Ensure the search is efficient and focuses on candidates with demonstrably relevant experience.
This type of prompt, when executed efficiently, can drastically reduce the time spent on manual research, illustrating a tangible benefit to the recruitment team.
Building Custom GPTs for Specific Tasks
The concept of creating custom GPTs for specific business functions is a key takeaway. For instance, a company might develop a GPT for:
- Sales Email Generation: Trained on successful past sales emails and product information.
- Customer Support Ticket Summarization: Capable of reading and summarizing complex support tickets.
- Internal Knowledge Base Querying: Allowing employees to ask natural language questions about company policies or procedures.
Example GPT Configuration (Conceptual):
- Name: Internal Policy Bot
- Description: Answers questions about company HR and IT policies.
- Instructions:
- “You are an AI assistant designed to help employees find information quickly within our company’s internal knowledge base.
- Access the provided document:
company_policies_v3.pdf. - When a user asks a question, first try to find the answer directly within the document.
- If the answer is not explicit, explain that you cannot find the specific information and suggest the user contact the relevant department (HR or IT).

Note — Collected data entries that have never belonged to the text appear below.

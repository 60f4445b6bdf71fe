//! The steps after which an act goes on, made in its place.
//!
//! Most steps of an act change where the act stands, and nothing else. Such a step is written into the act, and the call has then nothing
//! to build, to copy or to store. A step that ends an act, or that few calls make, leaves the act as it was: what it leads to is told by
//! `act_took`.

ghost use Rattle.call_acts.specs.Moving.{MovesTo};
ghost use Rattle.make_acts.specs.act_states.specs.Acts.{ActFits, took_act, took_close, took_invoking, took_making, took_returning};
ghost use Rattle.make_acts.specs.act_states.specs.Acts.{took_switching, took_untyping};
ghost use Rattle.make_acts.specs.act_states.specs.Refills.{took_refill};
ghost use Rattle.make_acts.specs.act_states.specs.Switches.{SwitchingFits, took_claim};
ghost use Rattle.make_acts.specs.act_states.specs.Ticks.{took_tick};
ghost use Rattle.make_acts.specs.act_states.specs.Touches.{TouchFits, took_touch};
ghost use Rattle.make_acts.specs.act_states.specs.Untypings.{UntypingFits};
ghost use Rattle.make_acts.specs.stage_quiet.specs.Removal.{CloseFits, close_after, close_end};
ghost use Rattle.make_acts.specs.stage_tcap.specs.Charging.{ChargeFits};
ghost use Rattle.make_acts.specs.stage_tcap.specs.Refilling.{RefillFits};
ghost use Rattle.make_acts.specs.stage_thread.specs.Claiming.{ClaimFits, claim_after, claim_end};
ghost use Rattle.std.specs.Prelude.{◌≤◌};

use act_counts::act_states::stage_quiet::Close;
use act_counts::act_states::stage_tcap::{Charge, Refill};
use act_counts::act_states::stage_thread::Claim;
use act_counts::act_states::word_map::Layout;
use act_counts::act_states::{
    Act, Invoking, InvokingAt, Making, MakingAt, Returning, ReturningAt, SwitchAt, Switching,
    Touching, Untyping, UntypingAt,
};
use act_counts::frame_in;
use make_acts::stored;
use spk_nums::{Cap, StageEnd};
use thread_acts::below_in;

/// Makes the step of an act that found this word, where the same act goes on after it, and says so; else the act stays as it was. What it
/// names is of the layout's machine.
#[inline]
pub fn act_moves(act: &mut Act, layout: &Layout, found: u64) -> bool
    requires { ActFits layout.now act.old }
    ensures { MovesTo result (took_act layout.now act.old found) act.old act.new }
{
    match act {
        Act::Remove { close, cap } => close_moves(close, *cap, layout, found),
        Act::Make { making } => making_moves(making, found),
        Act::Tick { charge } => charge_moves(charge, layout, found),
        Act::Touch { touching } => touch_moves(touching, layout, found),
        Act::Untype { untyping } => untyping_moves(untyping, layout, found),
        Act::Invoke { invoking } => invoking_moves(invoking, found),
        Act::Return { returning } => returning_moves(returning, found),
        Act::Switch { switching } => switching_moves(switching, layout, found),
        Act::Refill { refill } => refill_moves(refill, layout, found),
        _ => false,
    }
}

// A removal goes on from its compare to the draw of its stamp.
#[inline]
fn close_moves(close: &mut Close, cap: Cap, layout: &Layout, found: u64) -> bool
    requires { CloseFits layout.now close.old }
    ensures { MovesTo result (took_close cap (close_after close.old found) (close_end close.old found))
        (Act.Remove close.old cap) (Act.Remove close.new cap) }
{
    let _cap = cap;
    let mut next = *close;
    match next.take(layout, found) {
        StageEnd::Going => {
            *close = next;
            true
        }
        _ => false,
    }
}

// A making goes on from the store of one word of its object to the next.
#[inline]
fn making_moves(making: &mut Making, found: u64) -> bool
    ensures { MovesTo result (took_making making.old found) (Act.Make making.old) (Act.Make making.new) }
{
    let _found = found;
    let at = making.at;
    match at {
        MakingAt::Store { word, entry } => {
            making.at = stored(making.object, word, entry);
            true
        }
        _ => false,
    }
}

// A tick goes on from the load of the head to its compare.
#[inline]
fn charge_moves(charge: &mut Charge, layout: &Layout, found: u64) -> bool
    requires { ChargeFits layout.now charge.old }
    ensures { MovesTo result (took_tick charge.old found) (Act.Tick charge.old) (Act.Tick charge.new) }
{
    let mut next = *charge;
    match next.take(layout, found) {
        StageEnd::Going => {
            *charge = next;
            true
        }
        _ => false,
    }
}

// A giving back goes on from one load to the next, and to its compare.
#[inline]
fn refill_moves(refill: &mut Refill, layout: &Layout, found: u64) -> bool
    requires { RefillFits layout.now refill.old }
    ensures { MovesTo result (took_refill refill.old found) (Act.Refill refill.old) (Act.Refill refill.new) }
{
    let mut next = *refill;
    match next.take(layout, found) {
        StageEnd::Going => {
            *refill = next;
            true
        }
        _ => false,
    }
}

// A touch of what is not cached goes on from the root entry to the page's.
#[inline]
fn touch_moves(touching: &mut Touching, layout: &Layout, found: u64) -> bool
    requires { TouchFits layout.now touching.old }
    ensures { MovesTo result (took_touch touching.old found) (Act.Touch touching.old) (Act.Touch touching.new) }
{
    if touching.cached.is_some() {
        return false;
    }
    let mut look = touching.look;
    match look.take(layout, found) {
        StageEnd::Going => {
            touching.look = look;
            true
        }
        _ => false,
    }
}

// An untyping goes on from one step of its sweep to the next. Room for a second sweep is in this function alone.
#[inline(never)]
fn untyping_moves(untyping: &mut Untyping, layout: &Layout, found: u64) -> bool
    requires { UntypingFits layout.now untyping.old }
    ensures { MovesTo result (took_untyping layout.now untyping.old found) (Act.Untype untyping.old) (Act.Untype untyping.new) }
{
    match &mut untyping.at {
        UntypingAt::Sweep { word: _, sweep } => {
            let mut next = *sweep;
            match next.take(layout, found) {
                StageEnd::Going => {
                    *sweep = next;
                    true
                }
                _ => false,
            }
        }
        _ => false,
    }
}

// An entering goes on from one load of a component's words to the next.
#[inline]
fn invoking_moves(invoking: &mut Invoking, found: u64) -> bool
    requires { invoking.old.frames ≤ 512 }
    ensures { MovesTo result (took_invoking invoking.old found) (Act.Invoke invoking.old) (Act.Invoke invoking.new) }
{
    let at = invoking.at;
    match at {
        InvokingAt::LoadTable => match frame_in(invoking.frames, found) {
            Some(table) => {
                invoking.at = InvokingAt::LoadPages { table };
                true
            }
            None => false,
        },
        InvokingAt::LoadPages { table } => match frame_in(invoking.frames, found) {
            Some(pages) => {
                invoking.at = InvokingAt::LoadComp { table, pages };
                true
            }
            None => false,
        },
        _ => false,
    }
}

// A leaving goes on from one load of the words of the component below to the next.
#[inline]
fn returning_moves(returning: &mut Returning, found: u64) -> bool
    requires { returning.old.frames ≤ 512 }
    ensures { MovesTo result (took_returning returning.old found) (Act.Return returning.old) (Act.Return returning.new) }
{
    let at = returning.at;
    match at {
        ReturningAt::LoadBelow => match below_in(returning.frames, found) {
            Some(comp) => {
                returning.at = ReturningAt::LoadTable { comp };
                true
            }
            None => false,
        },
        ReturningAt::LoadTable { comp } => match frame_in(returning.frames, found) {
            Some(table) => {
                returning.at = ReturningAt::LoadPages { comp, table };
                true
            }
            None => false,
        },
        _ => false,
    }
}

// A switch goes on from one step of its claim to the next, from one load to the next, and from the store of its own thread to the draw.
#[inline]
fn switching_moves(switching: &mut Switching, layout: &Layout, found: u64) -> bool
    requires { SwitchingFits layout.now switching.now }
    ensures { MovesTo result (took_switching switching.entry.now found) (Act.Switch switching.entry.now) (Act.Switch switching.exit.now) }
{
    let at = switching.at;
    match at {
        SwitchAt::Claim { claim } => claim_moves(switching, claim, layout, found),
        SwitchAt::LoadTable { to } => match frame_in(switching.frames, found) {
            Some(table) => {
                switching.at = SwitchAt::LoadPages { to, table };
                true
            }
            None => false,
        },
        SwitchAt::Leave { to, table, pages } => {
            switching.at = SwitchAt::Draw { to, table, pages };
            true
        }
        _ => false,
    }
}

// A switch that stands at this step of its claim goes on to the next, or to the loads.
#[inline]
fn claim_moves(switching: &mut Switching, claim: Claim, layout: &Layout, found: u64) -> bool
    requires fits { ClaimFits layout.now claim }
    ensures { MovesTo result (took_claim switching.entry.now (claim_after claim found) (claim_end layout.now.frames claim found))
        (Act.Switch switching.entry.now) (Act.Switch switching.exit.now) }
{
    let mut claim = claim;
    match claim.take(layout, found) {
        StageEnd::Going => {
            switching.at = SwitchAt::Claim { claim };
            true
        }
        StageEnd::Done(to) => {
            switching.at = SwitchAt::LoadTable { to };
            true
        }
        _ => false,
    }
}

- Do not invent information.
- Keep answers concise and to the point.”
- Knowledge Files:
company_policies_v3.pdf
This demonstrates how readily available tools can be leveraged to create specialized AI solutions that address specific organizational needs. This is a core aspect of AI App Development & Marketing.
AI for Internal Operations and Marketing
Morpheus leverages AI not only for client services but also for its own operational efficiency and go-to-market strategy.
- LinkedIn Content Generation: Using AI to draft posts, identify trending topics, and optimize posting schedules to increase engagement and lead generation.
- Newsletter Launch: Employing AI to create content, identify target audiences, and manage distribution for a newsletter, demonstrating its utility for content marketing.
- Sales Process Automation: Building AI-driven automations within their CRM or sales platforms to streamline lead qualification, follow-up, and deal progression.
This internal application serves as a powerful demonstration of AI’s capabilities, acting as a real-world case study for potential clients.
Conclusion: The Future of AI Agencies
The AI agency space is moving beyond a singular focus on technical development. The success of Matteo’s approach underscores the immense value in providing foundational AI education and consulting. By acting as educators and facilitators of understanding, agencies can:
- Demystify AI: Make AI accessible and understandable for non-technical stakeholders.
- Build Trust: Establish credibility and long-term relationships with clients.
- Identify Needs: Uncover genuine business problems that AI can solve.
- Drive Adoption: Create internal champions who can evangelize AI within their organizations.
- Create Upsell Opportunities: Seamlessly transition clients to more complex and lucrative development projects.
For businesses looking to enter the AI agency space, especially those who are non-technical, focusing on education and consulting offers a robust and scalable path to success. The ability to demonstrate tangible results through optimized processes and the creation of internal AI champions provides a clear value proposition that leads to sustained growth and deeper client engagements.